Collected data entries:

<<<<

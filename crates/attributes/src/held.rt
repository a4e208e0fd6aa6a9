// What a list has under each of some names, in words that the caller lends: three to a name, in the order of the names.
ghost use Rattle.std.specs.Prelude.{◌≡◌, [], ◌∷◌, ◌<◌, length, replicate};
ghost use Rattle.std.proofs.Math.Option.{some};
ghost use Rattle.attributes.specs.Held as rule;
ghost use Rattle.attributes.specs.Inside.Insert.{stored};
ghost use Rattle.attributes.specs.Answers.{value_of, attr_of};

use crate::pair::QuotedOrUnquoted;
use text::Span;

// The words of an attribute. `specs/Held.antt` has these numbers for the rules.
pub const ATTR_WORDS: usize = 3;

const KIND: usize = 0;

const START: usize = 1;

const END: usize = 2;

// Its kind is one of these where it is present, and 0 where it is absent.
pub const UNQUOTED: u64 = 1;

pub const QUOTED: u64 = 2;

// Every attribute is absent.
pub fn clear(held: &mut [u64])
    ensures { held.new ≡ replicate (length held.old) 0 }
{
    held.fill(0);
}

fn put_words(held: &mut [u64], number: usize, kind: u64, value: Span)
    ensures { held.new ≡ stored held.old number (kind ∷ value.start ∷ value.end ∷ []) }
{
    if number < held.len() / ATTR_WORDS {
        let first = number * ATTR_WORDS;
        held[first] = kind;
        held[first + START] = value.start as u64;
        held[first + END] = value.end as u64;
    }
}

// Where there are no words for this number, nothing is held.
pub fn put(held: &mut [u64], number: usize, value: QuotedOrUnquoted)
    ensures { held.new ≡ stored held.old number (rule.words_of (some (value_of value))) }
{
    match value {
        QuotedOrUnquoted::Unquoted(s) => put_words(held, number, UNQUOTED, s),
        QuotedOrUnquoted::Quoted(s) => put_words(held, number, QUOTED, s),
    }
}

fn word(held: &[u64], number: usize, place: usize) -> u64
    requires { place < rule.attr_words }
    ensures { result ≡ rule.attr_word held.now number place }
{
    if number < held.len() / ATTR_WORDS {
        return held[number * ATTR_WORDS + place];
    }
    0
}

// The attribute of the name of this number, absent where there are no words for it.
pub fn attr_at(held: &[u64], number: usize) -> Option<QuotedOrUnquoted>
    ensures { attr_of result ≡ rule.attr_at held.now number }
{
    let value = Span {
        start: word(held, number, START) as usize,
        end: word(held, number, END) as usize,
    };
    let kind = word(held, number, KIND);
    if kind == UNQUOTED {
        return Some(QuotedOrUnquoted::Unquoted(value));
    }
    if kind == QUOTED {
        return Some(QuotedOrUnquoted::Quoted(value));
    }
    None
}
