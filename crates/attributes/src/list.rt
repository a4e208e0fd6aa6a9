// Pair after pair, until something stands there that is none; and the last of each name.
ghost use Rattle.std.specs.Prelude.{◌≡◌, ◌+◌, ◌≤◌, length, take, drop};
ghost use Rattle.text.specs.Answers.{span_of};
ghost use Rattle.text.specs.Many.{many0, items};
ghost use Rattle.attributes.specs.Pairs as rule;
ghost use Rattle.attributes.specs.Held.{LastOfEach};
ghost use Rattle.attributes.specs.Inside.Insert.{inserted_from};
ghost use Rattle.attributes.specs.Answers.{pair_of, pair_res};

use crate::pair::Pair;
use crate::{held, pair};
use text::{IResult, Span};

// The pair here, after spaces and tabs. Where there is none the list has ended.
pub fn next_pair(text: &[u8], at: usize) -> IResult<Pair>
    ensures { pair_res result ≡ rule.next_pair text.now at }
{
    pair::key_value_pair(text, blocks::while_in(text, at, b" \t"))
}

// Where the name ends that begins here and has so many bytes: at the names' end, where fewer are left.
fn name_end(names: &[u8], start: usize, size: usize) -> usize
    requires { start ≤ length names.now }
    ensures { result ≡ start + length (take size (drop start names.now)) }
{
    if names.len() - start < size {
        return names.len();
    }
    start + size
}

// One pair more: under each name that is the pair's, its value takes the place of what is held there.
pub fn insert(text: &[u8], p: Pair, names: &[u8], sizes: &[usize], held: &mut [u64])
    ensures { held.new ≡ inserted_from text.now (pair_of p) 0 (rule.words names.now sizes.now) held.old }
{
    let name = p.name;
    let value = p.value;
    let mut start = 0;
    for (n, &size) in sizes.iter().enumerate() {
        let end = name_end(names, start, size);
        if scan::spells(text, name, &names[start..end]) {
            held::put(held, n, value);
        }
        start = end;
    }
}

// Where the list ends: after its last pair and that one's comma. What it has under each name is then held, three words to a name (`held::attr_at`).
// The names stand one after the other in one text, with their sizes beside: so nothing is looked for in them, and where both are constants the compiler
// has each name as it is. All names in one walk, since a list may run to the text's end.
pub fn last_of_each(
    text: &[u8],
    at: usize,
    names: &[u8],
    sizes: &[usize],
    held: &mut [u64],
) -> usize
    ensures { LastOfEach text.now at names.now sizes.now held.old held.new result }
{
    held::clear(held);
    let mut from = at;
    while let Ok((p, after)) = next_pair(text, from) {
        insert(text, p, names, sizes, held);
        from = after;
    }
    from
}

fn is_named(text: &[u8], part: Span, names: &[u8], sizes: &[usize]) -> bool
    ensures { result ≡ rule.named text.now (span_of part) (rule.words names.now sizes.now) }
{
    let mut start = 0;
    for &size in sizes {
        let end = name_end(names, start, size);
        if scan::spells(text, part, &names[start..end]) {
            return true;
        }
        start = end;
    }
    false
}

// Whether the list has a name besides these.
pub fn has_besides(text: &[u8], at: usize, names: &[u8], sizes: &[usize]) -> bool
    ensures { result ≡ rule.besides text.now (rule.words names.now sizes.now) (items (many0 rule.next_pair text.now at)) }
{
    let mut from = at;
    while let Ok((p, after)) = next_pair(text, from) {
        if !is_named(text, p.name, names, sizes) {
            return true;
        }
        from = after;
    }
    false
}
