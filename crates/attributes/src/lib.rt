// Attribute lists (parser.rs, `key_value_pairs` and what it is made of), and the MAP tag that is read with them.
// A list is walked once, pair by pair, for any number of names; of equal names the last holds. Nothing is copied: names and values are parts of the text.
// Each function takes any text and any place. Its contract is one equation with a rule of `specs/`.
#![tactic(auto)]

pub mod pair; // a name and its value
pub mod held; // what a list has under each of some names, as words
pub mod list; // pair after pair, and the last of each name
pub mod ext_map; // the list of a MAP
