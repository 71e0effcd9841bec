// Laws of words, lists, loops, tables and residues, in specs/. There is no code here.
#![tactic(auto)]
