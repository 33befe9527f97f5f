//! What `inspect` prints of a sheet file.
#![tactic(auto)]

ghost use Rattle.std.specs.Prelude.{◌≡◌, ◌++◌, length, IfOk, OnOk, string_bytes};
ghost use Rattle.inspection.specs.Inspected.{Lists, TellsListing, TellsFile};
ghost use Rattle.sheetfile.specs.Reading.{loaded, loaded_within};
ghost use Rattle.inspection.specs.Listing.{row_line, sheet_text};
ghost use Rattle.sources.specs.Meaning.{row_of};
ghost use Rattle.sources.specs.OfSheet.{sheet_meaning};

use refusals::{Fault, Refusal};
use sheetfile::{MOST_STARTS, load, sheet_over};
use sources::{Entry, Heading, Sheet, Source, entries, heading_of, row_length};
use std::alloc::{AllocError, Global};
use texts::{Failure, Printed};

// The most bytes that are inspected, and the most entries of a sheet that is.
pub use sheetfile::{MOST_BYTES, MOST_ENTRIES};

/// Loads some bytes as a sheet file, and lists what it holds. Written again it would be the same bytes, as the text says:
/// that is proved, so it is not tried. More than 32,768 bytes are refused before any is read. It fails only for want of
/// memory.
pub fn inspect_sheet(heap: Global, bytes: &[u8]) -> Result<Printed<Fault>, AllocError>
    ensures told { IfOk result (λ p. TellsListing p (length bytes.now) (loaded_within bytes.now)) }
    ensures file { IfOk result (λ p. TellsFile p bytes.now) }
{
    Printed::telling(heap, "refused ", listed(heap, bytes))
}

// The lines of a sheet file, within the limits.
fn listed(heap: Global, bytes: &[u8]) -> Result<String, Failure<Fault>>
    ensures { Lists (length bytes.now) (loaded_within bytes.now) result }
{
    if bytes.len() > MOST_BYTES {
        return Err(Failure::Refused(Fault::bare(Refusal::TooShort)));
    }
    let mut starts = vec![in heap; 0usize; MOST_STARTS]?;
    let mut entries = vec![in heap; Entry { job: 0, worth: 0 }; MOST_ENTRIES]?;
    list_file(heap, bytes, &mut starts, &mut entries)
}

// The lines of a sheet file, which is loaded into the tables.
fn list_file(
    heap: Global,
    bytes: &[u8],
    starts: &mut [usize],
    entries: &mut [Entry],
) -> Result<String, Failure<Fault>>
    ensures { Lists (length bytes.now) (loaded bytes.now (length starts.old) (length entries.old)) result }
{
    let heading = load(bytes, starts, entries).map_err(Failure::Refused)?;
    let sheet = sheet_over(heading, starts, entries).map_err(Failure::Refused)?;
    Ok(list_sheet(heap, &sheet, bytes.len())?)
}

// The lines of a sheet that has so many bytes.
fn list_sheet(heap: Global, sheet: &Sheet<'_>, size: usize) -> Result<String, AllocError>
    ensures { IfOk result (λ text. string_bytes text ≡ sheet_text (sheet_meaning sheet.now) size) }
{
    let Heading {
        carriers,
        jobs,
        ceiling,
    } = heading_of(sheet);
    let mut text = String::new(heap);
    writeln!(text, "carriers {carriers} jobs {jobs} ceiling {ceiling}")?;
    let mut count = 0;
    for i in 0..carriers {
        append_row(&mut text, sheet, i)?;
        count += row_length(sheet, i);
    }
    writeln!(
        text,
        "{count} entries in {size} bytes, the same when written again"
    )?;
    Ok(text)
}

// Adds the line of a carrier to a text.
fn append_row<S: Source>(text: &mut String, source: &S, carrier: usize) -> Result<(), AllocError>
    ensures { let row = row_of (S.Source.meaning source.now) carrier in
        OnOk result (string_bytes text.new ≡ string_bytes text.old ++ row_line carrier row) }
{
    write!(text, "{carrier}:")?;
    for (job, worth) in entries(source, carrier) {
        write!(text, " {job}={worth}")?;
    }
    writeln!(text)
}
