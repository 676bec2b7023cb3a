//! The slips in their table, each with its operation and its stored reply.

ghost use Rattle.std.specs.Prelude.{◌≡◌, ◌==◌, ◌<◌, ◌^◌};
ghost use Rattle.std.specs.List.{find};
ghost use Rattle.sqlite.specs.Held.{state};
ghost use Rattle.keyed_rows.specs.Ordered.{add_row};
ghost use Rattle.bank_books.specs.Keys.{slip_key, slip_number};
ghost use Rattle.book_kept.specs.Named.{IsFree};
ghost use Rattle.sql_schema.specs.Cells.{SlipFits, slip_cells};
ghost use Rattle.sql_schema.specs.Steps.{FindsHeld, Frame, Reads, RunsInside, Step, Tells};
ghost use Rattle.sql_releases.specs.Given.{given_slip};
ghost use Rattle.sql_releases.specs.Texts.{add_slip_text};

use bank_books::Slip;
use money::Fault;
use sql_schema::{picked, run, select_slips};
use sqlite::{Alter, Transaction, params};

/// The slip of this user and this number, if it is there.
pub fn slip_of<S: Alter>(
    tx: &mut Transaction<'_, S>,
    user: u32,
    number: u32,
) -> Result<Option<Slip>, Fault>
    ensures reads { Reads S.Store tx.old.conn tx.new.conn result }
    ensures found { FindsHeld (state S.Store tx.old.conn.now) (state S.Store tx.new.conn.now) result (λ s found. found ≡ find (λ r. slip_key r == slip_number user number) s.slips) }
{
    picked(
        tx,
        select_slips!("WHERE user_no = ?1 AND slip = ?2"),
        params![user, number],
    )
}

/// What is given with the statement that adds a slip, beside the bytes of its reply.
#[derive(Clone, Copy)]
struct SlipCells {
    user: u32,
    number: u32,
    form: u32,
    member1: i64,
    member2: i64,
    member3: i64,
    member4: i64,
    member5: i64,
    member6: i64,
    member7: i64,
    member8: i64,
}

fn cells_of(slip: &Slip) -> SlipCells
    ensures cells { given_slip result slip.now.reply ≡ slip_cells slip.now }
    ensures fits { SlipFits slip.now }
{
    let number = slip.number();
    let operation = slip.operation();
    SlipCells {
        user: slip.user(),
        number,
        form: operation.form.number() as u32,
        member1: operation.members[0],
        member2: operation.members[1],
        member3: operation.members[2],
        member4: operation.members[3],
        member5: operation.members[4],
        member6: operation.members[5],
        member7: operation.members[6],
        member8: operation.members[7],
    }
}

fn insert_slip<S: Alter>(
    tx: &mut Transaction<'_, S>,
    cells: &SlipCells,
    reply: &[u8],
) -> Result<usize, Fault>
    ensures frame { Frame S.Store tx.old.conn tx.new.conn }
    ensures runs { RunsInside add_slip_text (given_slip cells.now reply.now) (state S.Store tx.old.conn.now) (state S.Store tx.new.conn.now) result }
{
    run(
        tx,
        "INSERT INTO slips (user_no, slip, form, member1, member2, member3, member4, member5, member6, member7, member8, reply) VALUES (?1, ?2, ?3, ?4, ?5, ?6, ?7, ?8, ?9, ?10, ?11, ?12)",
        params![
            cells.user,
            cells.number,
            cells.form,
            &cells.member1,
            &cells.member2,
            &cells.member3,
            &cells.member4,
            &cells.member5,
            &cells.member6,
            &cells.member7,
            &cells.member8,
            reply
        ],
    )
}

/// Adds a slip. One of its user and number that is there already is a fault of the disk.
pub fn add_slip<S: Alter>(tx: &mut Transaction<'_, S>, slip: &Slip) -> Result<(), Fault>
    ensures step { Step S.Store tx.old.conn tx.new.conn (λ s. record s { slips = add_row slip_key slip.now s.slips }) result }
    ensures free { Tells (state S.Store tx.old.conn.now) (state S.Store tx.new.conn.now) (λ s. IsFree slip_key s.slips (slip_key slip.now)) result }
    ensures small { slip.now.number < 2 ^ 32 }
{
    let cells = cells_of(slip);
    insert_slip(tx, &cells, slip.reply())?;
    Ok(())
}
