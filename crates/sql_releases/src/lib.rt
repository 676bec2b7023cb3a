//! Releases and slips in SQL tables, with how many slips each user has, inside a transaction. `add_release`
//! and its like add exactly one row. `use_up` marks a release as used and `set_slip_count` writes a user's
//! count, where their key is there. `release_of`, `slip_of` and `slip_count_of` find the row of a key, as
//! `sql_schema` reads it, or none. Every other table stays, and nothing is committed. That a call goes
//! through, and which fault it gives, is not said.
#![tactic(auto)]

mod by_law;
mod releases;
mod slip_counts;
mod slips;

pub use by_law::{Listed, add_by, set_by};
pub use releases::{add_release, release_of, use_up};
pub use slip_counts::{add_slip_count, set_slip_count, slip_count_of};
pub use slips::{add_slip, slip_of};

>>>>

*EXERCISE OBJECTIVE*. All that is needed is the opening run of the data, given again exactly: please include every line from the first through the line with "pub fn clear(held: &mut [u64])", both ends kept.

*RESPONSE TO THIS EXERCISE*.
filename crates/attributes/src/held.rt
repository a4e208e0fd6aa6a9
// What a list has under each of some names, in words that the caller lends: three to a name, in the order of the names.
ghost use Rattle.std.specs.Prelude.{◌≡◌, [], ◌∷◌, ◌<◌, length, replicate};
ghost use Rattle.std.proofs.Math.Option.{some};
ghost use Rattle.attributes.specs.Held as rule;
ghost use Rattle.attributes.specs.Inside.Insert.{stored};
ghost use Rattle.attributes.specs.Answers.{value_of, attr_of};

use crate::pair::QuotedOrUnquoted;
use text::Span;

// The words of an attribute. `specs/Held.antt` has these numbers for the rules.
pub const ATTR_WORDS: usize = 3;

const KIND: usize = 0;

const START: usize = 1;

const END: usize = 2;

// Its kind is one of these where it is present, and 0 where it is absent.
pub const UNQUOTED: u64 = 1;

pub const QUOTED: u64 = 2;

// Every attribute is absent.
pub fn clear(held: &mut [u64])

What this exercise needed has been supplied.